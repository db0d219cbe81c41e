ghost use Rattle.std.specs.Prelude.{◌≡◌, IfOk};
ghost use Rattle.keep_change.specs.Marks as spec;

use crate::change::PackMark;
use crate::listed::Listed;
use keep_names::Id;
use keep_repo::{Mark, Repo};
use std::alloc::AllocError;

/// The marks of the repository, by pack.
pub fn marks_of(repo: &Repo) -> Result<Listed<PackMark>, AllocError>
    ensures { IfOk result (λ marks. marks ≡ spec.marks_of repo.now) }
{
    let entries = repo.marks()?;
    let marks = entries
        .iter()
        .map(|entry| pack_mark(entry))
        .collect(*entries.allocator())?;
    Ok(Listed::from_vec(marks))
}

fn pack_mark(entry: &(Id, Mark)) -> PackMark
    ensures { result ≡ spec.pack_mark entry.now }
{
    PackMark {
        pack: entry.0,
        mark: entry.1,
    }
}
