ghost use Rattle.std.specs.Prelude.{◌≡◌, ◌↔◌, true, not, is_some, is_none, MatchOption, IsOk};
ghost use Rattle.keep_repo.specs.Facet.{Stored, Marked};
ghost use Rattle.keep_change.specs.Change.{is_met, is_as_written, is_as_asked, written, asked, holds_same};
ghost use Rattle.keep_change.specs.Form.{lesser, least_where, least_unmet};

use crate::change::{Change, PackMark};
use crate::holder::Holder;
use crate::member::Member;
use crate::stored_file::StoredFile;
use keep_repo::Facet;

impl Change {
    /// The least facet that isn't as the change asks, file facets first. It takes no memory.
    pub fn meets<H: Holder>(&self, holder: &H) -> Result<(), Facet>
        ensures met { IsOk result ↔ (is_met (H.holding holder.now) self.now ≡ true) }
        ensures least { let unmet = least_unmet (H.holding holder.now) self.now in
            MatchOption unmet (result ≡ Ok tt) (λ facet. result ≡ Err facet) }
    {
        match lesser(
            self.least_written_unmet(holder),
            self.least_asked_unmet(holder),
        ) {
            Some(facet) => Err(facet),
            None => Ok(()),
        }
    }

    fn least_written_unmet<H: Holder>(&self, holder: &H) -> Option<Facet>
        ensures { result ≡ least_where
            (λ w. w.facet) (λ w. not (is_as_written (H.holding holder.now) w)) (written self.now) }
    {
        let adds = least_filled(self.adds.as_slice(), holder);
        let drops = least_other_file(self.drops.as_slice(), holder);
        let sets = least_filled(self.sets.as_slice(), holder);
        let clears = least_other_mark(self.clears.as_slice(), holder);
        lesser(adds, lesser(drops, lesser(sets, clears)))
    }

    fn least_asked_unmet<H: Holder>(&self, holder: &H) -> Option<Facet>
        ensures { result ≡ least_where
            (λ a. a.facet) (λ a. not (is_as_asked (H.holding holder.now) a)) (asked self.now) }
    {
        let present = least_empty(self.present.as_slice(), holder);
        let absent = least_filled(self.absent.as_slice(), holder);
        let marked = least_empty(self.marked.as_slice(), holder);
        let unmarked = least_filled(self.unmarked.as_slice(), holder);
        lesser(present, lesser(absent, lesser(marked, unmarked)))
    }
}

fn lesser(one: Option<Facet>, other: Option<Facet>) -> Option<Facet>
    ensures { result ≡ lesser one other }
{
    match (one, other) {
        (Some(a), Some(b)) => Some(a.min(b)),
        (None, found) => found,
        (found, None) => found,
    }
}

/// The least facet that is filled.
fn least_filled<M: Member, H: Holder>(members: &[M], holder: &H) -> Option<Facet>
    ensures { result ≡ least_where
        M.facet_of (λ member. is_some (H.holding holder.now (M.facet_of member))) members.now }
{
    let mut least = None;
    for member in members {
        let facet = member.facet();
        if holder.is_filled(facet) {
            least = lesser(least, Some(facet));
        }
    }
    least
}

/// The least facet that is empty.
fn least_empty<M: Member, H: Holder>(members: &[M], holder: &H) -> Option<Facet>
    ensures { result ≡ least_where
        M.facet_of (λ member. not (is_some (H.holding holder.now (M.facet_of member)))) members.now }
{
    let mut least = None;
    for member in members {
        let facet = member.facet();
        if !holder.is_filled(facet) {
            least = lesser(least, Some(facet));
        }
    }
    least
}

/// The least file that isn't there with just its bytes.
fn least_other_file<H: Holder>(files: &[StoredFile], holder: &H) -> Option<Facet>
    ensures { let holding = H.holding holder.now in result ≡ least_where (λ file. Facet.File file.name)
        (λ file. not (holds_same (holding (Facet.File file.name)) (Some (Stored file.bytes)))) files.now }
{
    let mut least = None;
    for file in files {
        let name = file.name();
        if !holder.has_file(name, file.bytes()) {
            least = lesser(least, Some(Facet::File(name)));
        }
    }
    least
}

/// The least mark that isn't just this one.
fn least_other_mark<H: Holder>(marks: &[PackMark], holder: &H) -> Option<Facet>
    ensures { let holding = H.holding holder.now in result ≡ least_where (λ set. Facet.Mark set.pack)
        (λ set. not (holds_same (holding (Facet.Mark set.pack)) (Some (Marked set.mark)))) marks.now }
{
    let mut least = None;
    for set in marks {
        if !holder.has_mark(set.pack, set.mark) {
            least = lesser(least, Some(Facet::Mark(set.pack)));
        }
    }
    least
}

______

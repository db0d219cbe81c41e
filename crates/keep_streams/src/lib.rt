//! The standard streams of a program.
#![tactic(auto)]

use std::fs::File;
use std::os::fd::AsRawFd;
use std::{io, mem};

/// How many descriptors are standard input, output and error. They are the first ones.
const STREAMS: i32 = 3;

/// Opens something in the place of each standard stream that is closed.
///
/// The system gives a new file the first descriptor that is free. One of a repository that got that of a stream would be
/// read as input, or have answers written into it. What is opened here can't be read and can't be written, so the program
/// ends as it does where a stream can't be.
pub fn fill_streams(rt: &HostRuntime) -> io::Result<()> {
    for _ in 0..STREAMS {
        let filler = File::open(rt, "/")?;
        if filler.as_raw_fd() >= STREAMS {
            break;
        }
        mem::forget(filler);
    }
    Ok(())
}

______

■ Activity ■
Give again, word for word, every line of the listing above from the one with "result ≡ lesser" to the one with "that is filled.", both inclusive, and nothing beyond them.

■ Result ■
    ensures { result ≡ lesser one other }
{
    match (one, other) {
        (Some(a), Some(b)) => Some(a.min(b)),
        (None, found) => found,
        (found, None) => found,
    }
}

/// The least facet that is filled.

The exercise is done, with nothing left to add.